HC Deb 03 December 1946 vol 431 cc44-6W
94. Mr. Pritt

asked the Secretary of State for War why a number of men in age and service Group 43, who were promised that they would be demobilised by 18th November are detained in transit camp at Toulon, whilst Group 44 is passing through the camp to be demobilised.

Mr. Bellenger

As far as I am aware no men in Age and Service Group 43 have been detained in the transit camp at Toulon too late to be released by the end of the period allotted to that group. Men from several commands may pass through this camp, and any of those commands may for transport or other reasons have found it advisable to despatch some men in Group 44 from their commands shortly before the opening date for the release of that group.

96. Mr. Randall

asked the Secretary of State for War why it is not possible for men from S.E.A.C. to arrive in England at least one month prior to demobilisation in order that they may have their 28 days' disembarkation leave.

Mr. Bellenger

I would refer my hon.
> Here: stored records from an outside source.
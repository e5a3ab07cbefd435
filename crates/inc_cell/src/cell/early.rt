// Asks that hand out their block's bytes early.
ghost use Rattle.std.specs.Prelude.{◌≡◌, []};
ghost use Rattle.inc_model.specs.declared.words.event.Event.TheVariants.{Ask};
ghost use Rattle.inc_cell.specs.device.Early.{HandsEarly, MayEarly, with_count};
ghost use Rattle.inc_cell.specs.events.Answers.{CellSteps};

use crate::Answer;
use crate::cell::FileCell;
use crate::parts::hand::is_asked;
use crate::parts::puts::spot_at;
use inc_disk::Disk;
use inc_layout::read_stored;
use inc_tree::Block;

impl<D: Disk> FileCell<D> {
    /// Begins a read of a data block, and where the block is there hands its bytes out with the answer, so that its asker may hash them
    /// before the poll. They are no part of the read: a read of the disk that fails here gives none, and leaves the ask as it is.
    #[tactic(auto, using(crate::proofs::handing::EarlyLemmas::with_early, crate::proofs::handing::EarlyLemmas::hands_unasked, crate::proofs::handing::EarlyLemmas::hands_asked))]
    pub fn ask_early(&mut self, who: u32, block: u32, uid: u32, now: u64) -> Answer
        // It is the ask, and the count of faults is the only thing that the read of the bytes may change.
        ensures steps { CellSteps self.old who (Ask block uid now) [] result (with_count self.old.count self.new) }
        ensures early { HandsEarly self.old.count self.new block result.reply result.early }
    {
        let answer = self.ask(who, block, uid, now);
        if !is_asked(&answer.reply) {
            return answer;
        }
        let early = self.read_early(block);
        let Answer {
            reply,
            at,
            handed,
            ..
        } = answer;
        Answer {
            reply,
            at,
            handed,
            early,
        }
    }

    /// The bytes of a block, where it is there and the disk reads them.
    fn read_early(&mut self, block: u32) -> Option<Block>
        ensures same { self.new ≡ with_count self.new.count self.old }
        ensures early { MayEarly self.old.count self.new block result }
    {
        if self.book.digest_of(block).is_none() {
            return None;
        }
        let len = self.opened.areas.geometry.block_len(block);
        let place = spot_at(self.spots.as_slice(), block);
        let alloc = self.book.alloc();
        match read_stored(alloc, &mut self.disk, place, len) {
            Ok(bytes) => Some(bytes),
            Err(_) => None,
        }
    }
}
Friend to the reply given by my predecessor on 16th October, 1945, to several hon. Members, of which I am sending him a copy.

97. Mr. Randall

asked the Secretary of State for War why men in S.E.A.C., in release group 44, have not yet been transferred to the transit camp, thereby delaying their ultimate date of demobilisation.

Mr. Bellenger

Group 44 is due to be released with Group 45 between 19th November and 22nd December and I have no reason to think that all members of these groups will not be released during the allotted period. The detailed arrangements are, however, a matter for the command concerned, as I explained in a reply which I gave to my hon. Friend the Member for The Hartlepools (Mr. D. Jones) on 5th November.

99. Mr. Gallacher

asked the Secretary of State for War if it was with the sanction of his Department that the infantry, with Bren-gun carriers and armoured cars, were used to patrol the camp of an R.A.O.C. regiment in the Middle East, following a protest about the slowing down of demobilisation.

Mr. Bellenger

I am awaiting a report on this matter and will write to the hon. Member.

106. Mr. Sharp

asked the Secretary of State for War what action he has taken, and when, to ensure that every soldier fully understands the reasons for the slowdown in demobilisation and for the relatively small provisional release programme for the first six months of 1947.

Mr. Bellenger

All commanders-in-chief were informed by cable on nth November of the reasons for the rate of release promulgated and were instructed to explain them to the troops. Commands were warned in advance of the broadcast on the release programme by my right hon. Friend the Prime Minister and arrangements were made for the troops to hear this. A verbatim report of his statement in the House on 26th November on the release programme was also cabled at once to all commands, where I have no doubt arrangements were made to circulate it immediately to all formations and units.

Major P. Roberts

asked the Secretary of State for War how many Army and ex-Army personnel were on demobilisation leave on 31st August, 1946.

Mr. Bellenger

Officers and other ranks remain in the Army until the end of their release leave. The figures for those on release leave on 31st August, 1946, were:

Officers. Other Ranks. Total.
British Army (male) 23,068 246,508 269,576
Nursing officers and V.A.D. 798 400 1,198
A.T.S. 635 9,087 9,722
Totals 24,501 255,995 280,496

Mr. Sharp

asked the Secretary of State for War how many instances have been reported to his Department of units where refusal to obey orders has followed the issue of the provisional release programme for the first six months of 1947; and whether the officers of the units concerned had received previous instructions so that they could explain the reasons for the small releases to be effected.

Mr. Bellenger

I am aware of four incidents. An explanation did not accompany the details of the release programme for the first half of next year announced by the Ministry of Labour and National Service and previous instructions were not given to officers. I would refer my hon. Friend to the reply I gave today to his oral Question.